ZEBOV and Marburg virus were identified in African fruit bat species [19
]. More recently, Marburg virus was successfully isolated from a fruit bat, Rousettus aegyptiacus
], suggesting that fruit bats are reservoir animals of filoviruses. In the Philippines, we have recently demonstrated that an Asian fruit bat, Rousettus amplexicaudatus,
has antibodies to REBOV [22
]. Since the REBOV genome has not yet been detected in the bat, conclusive evidence that the bat species is a reservoir, or one of the reservoir animals, of REBOV is not available. Nevertheless, it is possible that REBOV was transmitted to swine from these bats since these bats inhabit many areas of the country, including the regions around the affected facilities both in Pangasinan and Bulacan.

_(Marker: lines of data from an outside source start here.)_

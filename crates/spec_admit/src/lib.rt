//! Which specifications are admitted, and the first fault of one that isn't.
//!
//! Uses clause_core for what is asked of an admitted specification, term_order for the order's
//! test, and overlap_check and coverage_check for their tests and the values that they name; its
//! worked examples take the order of sample_specs. `specs/FirstFault.antt` says which fault is
//! the first.
//!
//! Proved: `admit`, for every order: Ok exactly where the specification is admitted, which it is
//! then with its order, and each sorted term without variables has one value. Else the first
//! fault, with the specification unchanged. A value of `Admitted` is well sorted and admitted by
//! its order. An admitted specification has no fault (`no_fault_where_admitted`), and each one
//! has at most one first fault (`one_fault`). A fault of guards names the first rule of its group
//! (`guards_name_the_first_of_a_group`). Each call with values has one left side that matches,
//! and a term one value and one cost at most (`each_call_has_one_left_side`). `worked_examples`.
//!
//! Tested: Faults of each kind byte by byte, through the program.
#![tactic(auto)]

mod admitted;
mod admitting;
mod coverage;
mod faults;
mod guards;
mod laws;
mod linearity;
mod ordering;

pub use admitted::Admitted;
pub use admitting::admit;
pub use faults::{AdmitError, AdmitFault};
pub use laws::{
    each_call_has_one_left_side, guards_name_the_first_of_a_group, no_fault_where_admitted,
    one_fault, worked_examples,
};
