//! The first group that isn't whole.

ghost use Rattle.std.specs.Prelude.{◌≡◌, ◌<◌, ◌^◌, ◌↔◌, IfOk, IsTrue, MatchOption, MatchBool};
ghost use Rattle.std.specs.Prelude.{length};
ghost use Rattle.std.specs.List.{Any};
ghost use Rattle.spec_core.specs.declared.records.Rule.{Rule};
ghost use Rattle.spec_core.specs.Findings.{First};
ghost use Rattle.spec_core.specs.Groups.{Whole, group, GroupsAreWhole};
ghost use Rattle.spec_core.specs.WellSorted.{IsWellSorted};
ghost use Rattle.coverage_check.specs.GroupTree.{rules_with};
ghost use Rattle.spec_admit.specs.Tests.{all_guards_tests};

use coverage_check::{Tree, tree, tree_decides_groups};
use spec_core::{Rule, Spec};
use std::alloc::Global;
use term_core::{OutOfMemory, Term};

/// The first rule whose group, which is of the rules with its left side, isn't whole. Each group is
/// looked at once, at its first rule.
pub(crate) fn incomplete_group(alloc: Global, spec: &Spec) -> Result<Option<u32>, OutOfMemory>
    requires { IsWellSorted spec.now }
    ensures { IfOk result (λ found. MatchOption found
        (GroupsAreWhole spec.now)
        (λ rule. First (all_guards_tests spec.now) rule)) }
{
    let rules = spec.rules.as_slice();
    for (place, rule) in rules.iter().enumerate() {
        if !some_has_left(&rules[..place], &rule.left) && !is_whole(alloc, spec, &rule.left)? {
            return Ok(Some(place as u32 + 1));
        }
    }
    Ok(None)
}

/// Whether some of the rules has this left side.
fn some_has_left(rules: &[Rule], left: &Term) -> bool
    ensures { IsTrue result ↔ Any (λ (r : Rule). r.left ≡ left.now) rules.now }
{
    rules.iter().any(|rule| rule.left.same(left))
}

/// Whether the guards of the rules with this left side form a complete decision tree.
fn is_whole(alloc: Global, spec: &Spec, left: &Term) -> Result<bool, OutOfMemory>
    requires { length spec.now.rules < 2 ^ 32 }
    ensures { IfOk result (λ whole. MatchBool whole
        (Whole (group left.now 0 spec.now.rules))
        (¬ (Whole (group left.now 0 spec.now.rules)))) }
{
    tree_decides_groups();
    let numbers = numbers_with(alloc, spec.rules.as_slice(), left)?;
    match tree(alloc, spec, &numbers)? {
        Tree::Whole => Ok(true),
        Tree::Gap => Ok(false),
    }
}

/// The numbers of the rules with this left side, in order.
fn numbers_with(alloc: Global, rules: &[Rule], left: &Term) -> Result<Vec<u32>, OutOfMemory>
    requires { length rules.now < 2 ^ 32 }
    ensures { IfOk result (λ made. made.items ≡ rules_with left.now rules.now) }
{
    let mut made = Vec::new(alloc);
    for (place, rule) in rules.iter().enumerate() {
        if rule.left.same(left) {
            made.push(place as u32 + 1)?;
        }
    }
    Ok(made)
}
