//! The first rule that isn't ordered.

ghost use Rattle.std.specs.Prelude.{◌≡◌, ◌≤◌, ◌+◌, IfOk, MatchOption, MatchBool};
ghost use Rattle.spec_core.specs.Findings.{First};
ghost use Rattle.spec_core.specs.RuleSizes.{RuleIsWithin, RulesAreWithin};
ghost use Rattle.spec_core.specs.WellSorted.{IsWellSorted};
ghost use Rattle.term_core.specs.Tree.{tree_size};
ghost use Rattle.clause_core.specs.Admitted.{GuardIsOrdered, RuleIsOrdered, RulesAreOrdered};
ghost use Rattle.spec_admit.specs.Tests.{all_order_tests};
ghost use Rattle.spec_admit.specs.Parts.{IsUnorderedPart};

use spec_core::{Guard, Rule, Spec, boolean};
use std::alloc::Global;
use term_core::{OutOfMemory, Term};
use term_order::TermOrder;

/// The first rule whose left side isn't above one of its parts, and the number of that part: 0 for
/// the right side, k for the k-th guard.
pub(crate) fn unordered_rule<O: TermOrder>(
    alloc: Global,
    spec: &Spec,
    order: &O,
) -> Result<Option<(u32, u32)>, OutOfMemory>
    requires fine { IsWellSorted spec.now }
    requires small { RulesAreWithin 4294967295 spec.now }
    ensures { IfOk result (λ found. MatchOption found
        (RulesAreOrdered (O.above order.now) spec.now)
        (λ p. First (all_order_tests (O.above order.now) spec.now) p)) }
{
    for (place, rule) in spec.rules.as_slice().iter().enumerate() {
        if let Some(part) = unordered_part(alloc, rule, order)? {
            return Ok(Some((place as u32 + 1, part)));
        }
    }
    Ok(None)
}

/// The first part of the rule that the left side isn't above.
fn unordered_part<O: TermOrder>(
    alloc: Global,
    rule: &Rule,
    order: &O,
) -> Result<Option<u32>, OutOfMemory>
    requires { RuleIsWithin 4294967295 rule.now }
    ensures { IfOk result (λ found. MatchOption found
        (RuleIsOrdered (O.above order.now) rule.now)
        (IsUnorderedPart (O.above order.now) rule.now)) }
{
    if !order.greater(&rule.left, &rule.right) {
        return Ok(Some(0));
    }
    for (place, guard) in rule.guards.as_slice().iter().enumerate() {
        if !is_below(alloc, guard, &rule.left, order) {
            return Ok(Some(guard_number(place)?));
        }
    }
    Ok(None)
}

/// The number of the guard at this place. One that passes 32 bits is answered as want of memory:
/// this many guards take hundreds of gigabytes.
fn guard_number(place: usize) -> Result<u32, OutOfMemory>
    ensures { IfOk result (λ number. number ≡ place + 1) }
{
    match u32::try_from(place) {
        Ok(before) if before < u32::MAX => Ok(before + 1),
        _ => Err(OutOfMemory),
    }
}

/// Whether the term is above the guard's test and above the Boolean that it wants.
fn is_below<O: TermOrder>(alloc: Global, guard: &Guard, left: &Term, order: &O) -> bool
    requires left { tree_size left.now ≤ 4294967295 }
    requires test { tree_size guard.now.test ≤ 4294967295 }
    ensures { MatchBool result
        (GuardIsOrdered (O.above order.now) left.now guard.now)
        (¬ (GuardIsOrdered (O.above order.now) left.now guard.now)) }
{
    order.greater(left, &guard.test) && order.greater(left, &boolean(alloc, guard.wanted))
}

In this study, we have aimed to clarify how REBOV infection was spread among swine during the REBOV epizootics. We have tested 215 swine sera collected from the REBOV affected farms using IFA and IgG-ELISA specific for REBOV-NP and -GP, and NT. NT is the gold standard of serological assay in many virus infections. However, since REBOV needs to be cultured in high-containment laboratories, we performed an alternative NT using the VSV-pseudotype bearing REBOV-GP. This avoided the use of infectious REBOV, enabling the work to be carried out at low containment. Previously it has been shown that VSV-pseudotype bearing ebolavirus GP mimicks ebolavirus infection [23
], Approxymately 70% of the swine sera from REBOV affected farms were REBOV antibody positive. This indicated that swine are susceptible to REBOV infection. Unfortunately, we could not analyze the IgM antibody responses in swine, since after the sera were heat inactivated the gamma globulin fractions were precipitated with ammonium sulfate, and reconstituted in PBS prior to be testing. An indication of the IgM responses to REBOV would have provided evidence of a recent infection. Thus, it is still unclear if REBOV infection was spread during epizootics or whether a population of the animals in the farms was infected with REBOV prior to the epizootics. The swine not associated with the epizootics, in Tarlac, are considered to be free from REBOV infection. These samples were collected in 2010, over 2
years after the epizootic, and from animals born after the epizootic. Moreover, we could not analyze the swine specimens near the affected farms in 2008. Thus, in this study, it is not clear if REBOV infection in 2008 was limited in the affected farms. Further study is necessary to conclude if the swine population in the Philippines is generally free from REBOV infection.
Recently, it has been shown that the experimental infection of swine with REBOV alone resulted in subclinical infection with rapid clearance of the virus [24
]. Alternatively, ZEBOV has been shown to replicate to high titers in experimentally infected swine and to cause severe lung pathology resulting in transmission of the virus to naïve animals [25
]. Thus, swine has been shown experimentally to be highly susceptible to ZEBOV infection. Furthermore, some amino acid mutations in NP and/or VP24 in ZEBOV resulted in adaptation of the virus to guinea pigs and mice [26
]. Thus, we cannot rule out the possibility that mutations introduced in the REBOV genome during serial transmission in swine will result in adaptation of the virus to swine in future. In this regard, a regular serological survey of REBOV infection in swine in the Philippines is desirable. The serodiagnosis systems presented in this study might be useful for such a survey.